RZEMIEŚLNICY KULTURY:  Krew napływa do głowy
fot. Krzysiek Krzysztofiak / krzysiekrzysztofiak.com

RZEMIEŚLNICY KULTURY:
Krew napływa do głowy

Rozmowa z Marcinem Nowakiem

„Już jako dziecko robiłem sobie rany z modeliny, budowałem makiety, sklejałem modele. A jak już się napracowałem, to wysadzałem makietę w powietrze petardą albo saletrą z cukrem” – rozmowa z reżyserem efektów specjalnych

Jeszcze 4 minuty czytania

AGNIESZKA DROTKIEWICZ: Ten numer dwutygodnik.com nazywa się „Rzemieślnicy kultury”, czy mógłbyś opowiedzieć, jak określenie „rzemieślnik” ma się do efektów specjalnych?
MARCIN NOWAK:
Określenie „rzemieślnik” mi odpowiada – bardzo cenię i szanuję rzemieślników. Przy pracy w filmie: na planie i poza nim, jest bardzo wielu rzemieślników – nie ma wokół nich takiego splendoru jak wokół gwiazdorów, a wykonują ciężką pracę. Osobom patrzącym z boku może się wydawać, że „tylko” noszą kable albo trzymają kamerę i obracają pierścień z ostrością – a często to są niesamowite talenty.
Efekty specjalne w Polsce często są postrzegane jako magia – nie jak w „Alicji w krainie czarów”, tylko coś oderwanego od rzeczywistości, coś obcego, bliższego raczej alchemii. Zdarza się, że przychodzę na plan i ktoś mówi: „no to rób” – jakbym miał wyciągnąć z rękawa królika – a ja nie mogę niczego zrobić bez ekipy, bez konsultacji z reżyserem, operatorem – jestem częścią machiny.

Marcin Nowak

Reżyser efektów specjalnych i komputerowych, czasami również reżyser. Freelancer. Pracował między innymi z Xawerym Żuławskim przy „Wojnie polsko-ruskiej” i Marcinem Krzyształowiczem przy „Obławie”. Autor filmów do gry „Wiedźmin” i „Wiedźmin 2”.

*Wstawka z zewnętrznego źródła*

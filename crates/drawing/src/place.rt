// Placing (document 004, Steps 5 and 6, and the drawings of Step 3; document 01, steps 1 and 3 to 8): the points of a drawing, in the columns and rows of
// the whole plan, stored among the placements. The roles and W of each spine are handed over and only read; placing chooses none. "004" and "01" below are
// these documents, whose steps have numbers of their own.
ghost use Rattle.std.specs.Prelude.{◌≡◌, ◌+◌, ◌<◌};
ghost use Rattle.table.specs.Table.{left, right};
ghost use Rattle.layout.specs.Spine.{Role as LayoutRole, knee, ordinary, switch};
ghost use Rattle.layout.specs.inner.Held.{inwards as inwardsOf, Inside};
ghost use Rattle.roles.specs.Chosen.{side_of};
ghost use Rattle.roles.specs.inner.Forked.{Forked};
ghost use Rattle.drawing.specs.inner.Placing.{Kept, hand_at as hand_of, walk_to, Drawable, SubtreeDrawn, Going, Stepped};

use crate::spines::Spines;
use placements::set_point;
use roles::Fork;
use roles::role::{hand_at, role_at};
use roles::sides::Side;

// A walk along the spine of a drawing: the next node and its row, the lowest row used so far, the pending child, 0 for none (`Named`); the hand that the node
// is on, by its role, and that hand's edge; W of the spine, and the side that its drawing is on.
#[derive(Clone, Copy)]
pub struct Walk {
    pub at: usize,
    pub row: usize,
    pub lowest: usize,
    pub pending: usize,
    pub hand: Side,
    pub edge: usize,
    pub widest: usize,
    pub side: Side,
}

impl Walk {
    // The walk at the next node, on the same hand.
    fn onward(self, at: usize, row: usize, lowest: usize, pending: usize) -> Walk
        ensures { result ≡ walk_to self at row lowest pending self.hand self.edge }
    {
        Walk {
            at,
            row,
            lowest,
            pending,
            ..self
        }
    }

    // 004, Step 6(d); 01, step 7: so many columns inwards from the edge of its hand.
    fn inwards(self, columns: usize) -> usize
        requires { Inside 65536 (hand_of self) self.edge (columns + 1) }
        ensures { (result ≡ inwardsOf (hand_of self) self.edge columns) × (result < 65536) }
    {
        match self.hand {
            Side::Left => self.edge + columns,
            Side::Right => self.edge - columns,
        }
    }
}

// Each of the three steps is handed the fork at its node (`forked`), which is looked up once, in `step`: to look it up in each would be no plainer.
// Each function says what it keeps (`Kept`), since `&mut self` lends every field.
impl Spines<'_> {
    // 004, Step 6(a); 01, step 4: a child hung on the far side is drawn below all so far, and the next node is below it; one on the near side is pending.
    #[cycle(spines)]
    #[tactic(auto, using(crate::proofs::Walking::entry_within))]
    fn at_knee(&mut self, fork: Fork, walk: Walk) -> Walk
        requires going { Going self.old.subtrees.table.now self.old.roles.now self.old.widest.now knee walk }
        requires forked { Forked self.old.subtrees.table.now (side_of walk.side) walk.at fork.spine fork.hung (side_of fork.side) }
        ensures kept { Kept self.old self.new }
        ensures stepped { Stepped self.old.subtrees.table.now self.old.roles.now self.old.widest.now knee walk
            self.old.points.now result self.new.points.now }
    {
        set_point(self.points, walk.at, walk.edge, walk.row);
        let lowest = walk.lowest.max(walk.row);
        let row = lowest + 1;
        if fork.side.is_far(walk.hand) {
            let below = self.draw_hung(walk, fork.hung, 1, row);
            return walk.onward(fork.spine, below, below - 1, 0);
        }
        walk.onward(fork.spine, row, lowest, fork.hung)
    }

    // 004, Step 6(b); 01, step 5: the next node is on the bottom row of the hung drawing, or one row lower.
    #[cycle(spines)]
    #[tactic(auto, using(crate::proofs::Walking::entry_within))]
    fn at_ordinary(&mut self, fork: Fork, walk: Walk) -> Walk
        requires going { Going self.old.subtrees.table.now self.old.roles.now self.old.widest.now ordinary walk }
        requires forked { Forked self.old.subtrees.table.now (side_of walk.side) walk.at fork.spine fork.hung (side_of fork.side) }
        ensures kept { Kept self.old self.new }
        ensures stepped { Stepped self.old.subtrees.table.now self.old.roles.now self.old.widest.now ordinary walk
            self.old.points.now result self.new.points.now }
    {
        set_point(self.points, walk.at, walk.inwards(1), walk.row);
        let row = walk.row + 1;
        let below = self.draw_hung(walk, fork.hung, 2, row);
        let lowest = below - 1;
        walk.onward(fork.spine, row.max(lowest), lowest, walk.pending)
    }

    // 004, Step 6(c); 01, step 6: what is pending goes under the hung drawing, and the next node, a knee by its role, is at the edge of its own hand.
    #[cycle(spines)]
    #[tactic(auto, using(crate::proofs::Walking::entry_within, roles::proofs::Forks::named_within))]
    fn at_switch(&mut self, fork: Fork, walk: Walk) -> Walk
        requires going { Going self.old.subtrees.table.now self.old.roles.now self.old.widest.now switch walk }
        requires forked { Forked self.old.subtrees.table.now (side_of walk.side) walk.at fork.spine fork.hung (side_of fork.side) }
        ensures kept { Kept self.old self.new }
        ensures stepped { Stepped self.old.subtrees.table.now self.old.roles.now self.old.widest.now switch walk
            self.old.points.now result self.new.points.now }
    {
        set_point(self.points, walk.at, walk.inwards(1), walk.row);
        let roles = self.roles;
        let hand = hand_at(roles, fork.spine);
        let row = walk.row + 1;
        let foot = self.draw_hung(walk, fork.hung, 1, row);
        let below = self.draw_hung(walk, walk.pending, 1, foot);
        Walk {
            at: fork.spine,
            row,
            lowest: below - 1,
            pending: 0,
            hand,
            edge: walk.inwards(walk.widest + 2),
            ..walk
        }
    }

    // 004, Step 6; 01, steps 4 to 7: one node of a spine, it and what hangs from it, or was pending, by its role. Tests and no match, since placing names no
    // role (docs/GROUNDS.md, "That placing chooses none").
    #[cycle(spines)]
    fn step(&mut self, walk: Walk) -> Walk
        requires going { (o : LayoutRole) × Going self.old.subtrees.table.now self.old.roles.now self.old.widest.now o walk }
        requires at_nonzero { 0 < walk.at }
        ensures kept { Kept self.old self.new }
        ensures stepped { (o : LayoutRole) → Going self.old.subtrees.table.now self.old.roles.now self.old.widest.now o walk
            → Stepped self.old.subtrees.table.now self.old.roles.now self.old.widest.now o walk self.old.points.now result self.new.points.now }
    {
        let fork = self.subtrees.fork_at(walk.at, walk.side);
        let roles = self.roles;
        let role = role_at(roles, walk.at);
        if role.is_knee() {
            return self.at_knee(fork, walk);
        }
        if role.is_switch() {
            return self.at_switch(fork, walk);
        }
        self.at_ordinary(fork, walk)
    }

    // 004, Steps 5 and 6; 01, steps 1 and 4 to 8: from the first node to the end of a spine; what is then still pending goes below all (step 8, which 004
    // omits). Answers the first row below the drawing. A `while` follows the links of the spine, whose nodes stand in no list.
    #[cycle(spines)]
    #[tactic(auto, using(roles::proofs::Forks::named_within))]
    fn draw_spine(&mut self, root: usize, edge: usize, top: usize, side: Side) -> usize
        requires drawable { Drawable self.old.subtrees.table.now self.old.roles.now self.old.widest.now (side_of side) root edge 0 top }
        requires root_nonzero { 0 < root }
        ensures kept { Kept self.old self.new }
        ensures drawn { SubtreeDrawn self.old.subtrees.table.now (side_of side) root edge top self.old.points.now result self.new.points.now }
    {
        let roles = self.roles;
        let mut walk = Walk {
            at: root,
            row: top,
            lowest: top,
            pending: 0,
            hand: hand_at(roles, root),
            edge,
            widest: usize::from(self.widest[root]),
            side,
        };
        while walk.at != 0 {
            walk = self.step(walk);
        }
        self.draw_hung(walk, walk.pending, 1, walk.lowest + 1)
    }

    // 004, Step 3(a) to (c); 01, step 3: a drawing on the left side, by these same steps. Answers the first row below it. It and the next are two functions,
    // since document 01 asks for a left-side and a right-side drawing that call each other through the hung subtrees.
    #[cycle(spines)]
    fn draw_left(&mut self, root: usize, edge: usize, top: usize) -> usize
        requires drawable { Drawable self.old.subtrees.table.now self.old.roles.now self.old.widest.now left root edge 0 top }
        requires root_nonzero { 0 < root }
        ensures kept { Kept self.old self.new }
        ensures drawn { SubtreeDrawn self.old.subtrees.table.now left root edge top self.old.points.now result self.new.points.now }
    {
        self.draw_spine(root, edge, top, Side::Left)
    }

    // 004, Steps 3(d) and 6(d); 01, step 3: a drawing on the right side, which is that of the mirror image, flipped left to right.
    #[cycle(spines)]
    fn draw_right(&mut self, root: usize, edge: usize, top: usize) -> usize
        requires drawable { Drawable self.old.subtrees.table.now self.old.roles.now self.old.widest.now right root edge 0 top }
        requires root_nonzero { 0 < root }
        ensures kept { Kept self.old self.new }
        ensures drawn { SubtreeDrawn self.old.subtrees.table.now right root edge top self.old.points.now result self.new.points.now }
    {
        self.draw_spine(root, edge, top, Side::Right)
    }

    // 004, Step 3; 01, step 3: the drawing of a hung subtree, 0 for none, on the side of the walk's hand: its edge is at that hand's column, its top at the
    // row. Answers the first row below it.
    #[cycle(spines)]
    fn draw_hung(&mut self, walk: Walk, child: usize, column: usize, top: usize) -> usize
        requires drawable { Drawable self.old.subtrees.table.now self.old.roles.now self.old.widest.now (hand_of walk) child walk.edge column top }
        ensures kept { Kept self.old self.new }
        ensures drawn { SubtreeDrawn self.old.subtrees.table.now (hand_of walk) child (inwardsOf (hand_of walk) walk.edge column) top
            self.old.points.now result self.new.points.now }
    {
        if child == 0 {
            return top;
        }
        let edge = walk.inwards(column);
        match walk.hand {
            Side::Left => self.draw_left(child, edge, top),
            Side::Right => self.draw_right(child, edge, top),
        }
    }

    // 004, Step 5; 01, step 1: the drawing of a whole tree, 0 for none, on the left side, from column 0 on and the given row on, by the roles of its spines.
    // Answers the first row below it. It enters where hung subtrees do, by a walk with nothing done, so that the steps of a walk are compiled into one loop
    // and no walk is passed through memory: if it called `draw_left`, that would have two callers, and the steps would be compiled apart.
    pub fn draw_tree(&mut self, root: usize, top: usize) -> usize
        requires drawable { Drawable self.old.subtrees.table.now self.old.roles.now self.old.widest.now left root 0 0 top }
        ensures kept { Kept self.old self.new }
        ensures drawn { SubtreeDrawn self.old.subtrees.table.now left root 0 top self.old.points.now result self.new.points.now }
    {
        let walk = Walk {
            at: 0,
            row: 0,
            lowest: 0,
            pending: 0,
            hand: Side::Left,
            edge: 0,
            widest: 0,
            side: Side::Left,
        };
        self.draw_hung(walk, root, 0, top)
    }
}
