// What a frame's fields are read by: its layout, and what stands before its codes.
#![tactic(auto)]

ghost use Rattle.std.specs.Prelude.{◌≤◌};
ghost use Rattle.side.specs.Below.{SideInRange, side_with};

// What the format says of a frame's fields: one channel or two, the table of allocations, the subband from which one allocation serves
// both channels, and how many subbands there are.
#[derive(Clone, Copy)]
pub struct Layout {
    pub mono: bool,
    pub table: usize,
    pub bound: usize,
    pub limit: usize,
    ghost subbands: { limit ≤ 32 },
}

// What stands before the codes, with the layout that it was read by: a quantiser for each place, and a factor for each part and place.
#[derive(Clone, Copy)]
pub struct SideInfo {
    pub layout: Layout,
    pub quant: [u8; 64],
    pub factor: [u32; 192],
    ghost ranged: { SideInRange (side_with quant factor) },
}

Efekty specjalne to bardzo szerokie pojęcie: między innymi charakteryzacja (nie upiększanie, tylko rany, odejmowanie oka, itd.), i pirotechnika, która także dzieli się na wiele segmentów. Kiedy pracuję jako reżyser efektów specjalnych, jestem między innymi od tego, żeby wymyślić technikę odpowiednią do sceny – na podstawie scenariusza. Zaproponować jak to powinno wyglądać, narysować. Częścią efektów specjalnych są efekty komputerowe – kiedy pracuję nad filmem, robię także prewizualizacje, proste animacje tego, jak będzie wyglądało ujęcie, gdzie będzie stała kamera, gdzie aktor. Aktorzy mają tylko wyobrażenie na podstawie scenariusza.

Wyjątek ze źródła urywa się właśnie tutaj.